I’m telling you that, were I a Texas National Guardsman watching that, I don’t know what the chances would be that I would raise my rifle and fire at the traitorous Fed. They would not be 0.

That’s how something may get started. The Feds derail State policies that are designed to prevent the evil that the Potomac Regime has been implementing. Some Governor with guts, or maybe a group of brave locals, decides that enough is enough. Then, of course, the FBI or whoever come to the State to arrest said Texans, Floridians, or whomever. Then, State officials have to prevent this by detaining these FBI men at the airport.

What’s next after that?
12 days later, some news from Texas gives us an idea. An article today from A.W. Morgan reports that Secession Crisis Brewing At Ranch In Texas, Where Texas DPS Battles Border Patrol.
Writing in the Daily Mail, Tod Bensman of the Center for Immigration Studies has reported that officers with Texas’ Department of Public Safety “are locked in a bizarre daily struggle” with the Border Patrol at a pecan farm in Eagle Pass, Texas.
Schematic layout and scenario from VDare/A.W. Morgan:


Biden has done what we thought he might do, almost. His Border Patrol is undermining Governor Greg Abbott’s effort to close the border.
A clash of the Potomac Regime vs. a State, especially the strongest, Texas, is probably the best, easiest, and probably least violent way a secession could get started.

This next is a quote from Center of Immigration Studies' Tod Bensman in The Daily Mail within Mr. Morgan's post.
It also wasn’t helpful to Texas that the Urbinas—who leased a long stretch of their riverfront to the Border Patrol at expense to the U.S. taxpayer—dug a walkway ramp down to the river to make the steep bank more accessible.

This is nothing short of an absurd civil war of sorts pitting two American forces, one controlled by Texas and the other by Washington D.C., against each other.
Absurd? It's better than a firefight for right now.
Now, for the really good news. Abbott dispatched state troopers to the farm because it was the scene of a crime:
Texas then bulldozed the river ramp, strung rows of barbed wire across it and planted a large sign that threatens a fine and reads: “You cannot pass here.”

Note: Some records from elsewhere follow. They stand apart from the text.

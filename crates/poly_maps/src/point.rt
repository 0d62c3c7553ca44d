ghost use Rattle.std.specs.Prelude.{◌≡◌, length};
ghost use Rattle.poly_maps.specs.Point.{IsPoint, padded};

use std::marker::Model;

/// A point of the variables' space: 1 to 8 entries, each below 2^61 - 1, so that an entry is a
/// residue of both moduli.
#[derive(Clone, Copy)]
pub struct Point {
    entries: [u64; 8],
    count: usize,
}

impl Model for Point {
    ghost use Rattle.std.specs.Prelude.{ℕ, List, length, take, ◌≡◌};
    ghost use Rattle.std.specs.Coded.{coded_list, coded_ℕ};
    ghost use Rattle.poly_maps.specs.Point.{padded, IsStored};

    ghost Value = { List ℕ };

    ghost view = { λ p. take p.count p.entries };

    ghost invariant = { λ p. IsStored p.entries p.count };

    ghost inverse = { λ v. record { entries = padded v; count = length v } };
}

impl Point {
    /// The point with these entries.
    pub fn of(entries: &[u64]) -> Point
        requires { IsPoint entries.now }
        ensures { result ≡ entries.now }
    {
        let mut all = [0; 8];
        let count = entries.len();
        all[..count].copy_from_slice(entries);
        Point {
            entries: all,
            count,
        }
    }

    /// The point's entries in the order of the variables.
    pub fn entries(&self) -> &[u64]
        ensures value { result.now ≡ self.now }
        ensures point { IsPoint self.now }
    {
        &self.entries[..self.count]
    }

    /// The entries of all eight variables, those that the point doesn't have being 0.
    pub(crate) fn all_entries(&self) -> &[u64; 8]
        ensures value { result.now ≡ padded self.now }
        ensures point { IsPoint self.now }
    {
        &self.entries
    }
}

Some illegals are swimming down river to find another entry, but others are swimming back to Mexico:

Privately, because they’re not authorized to speak, some Border Patrol agents tell me they abhor having to escort illegal aliens into the country. But they’re following orders.

One young, dripping wet Venezuelan man confirmed it all to me.

“They [Texas Department of Public Safety officers] won’t let us pass,” he says.
So, his group will walk several hundred yards upriver to a spot where they heard the green uniformed “American immigracion” officers might be found.
OK, so as not to both steal the 2 images AND excerpt the entire VDare article, let me skip a little bit - still worth reading there - to:
Either way, in one sense, Biden has gone to war against Texas.

Abbott must respond in kind. Texas DPS officers must arrest Border Patrol agents who assist the invaders and/or interfere with efforts to close the border.
My bold for what would be a BOLD move by Governor Abbott. Is it true that you don't mess with Texas? It's so exciting and encouraging to see this formerly anti-litter message become a reality on the southern border.

That's for you Traitor Bai Dien: Don't mess with Texas, bitch!

Ich ein una Tejano!!


Couldn't help myself:

Mr. Bai Dien, leave this fucking wall alone!!




* Federale gives credit for this information to "The best mainstream media reporter on the immigration beat, Bill Melugin ..." I really, really hate to link to twitter, but one could go to this ungodly mess of a URL to see Mr. Melugin's tweets on the matter.

**************************
[UPDATED 2 hrs. later:]
Changed references to Tod Bensman. He's an American and not OF the Daily Mail.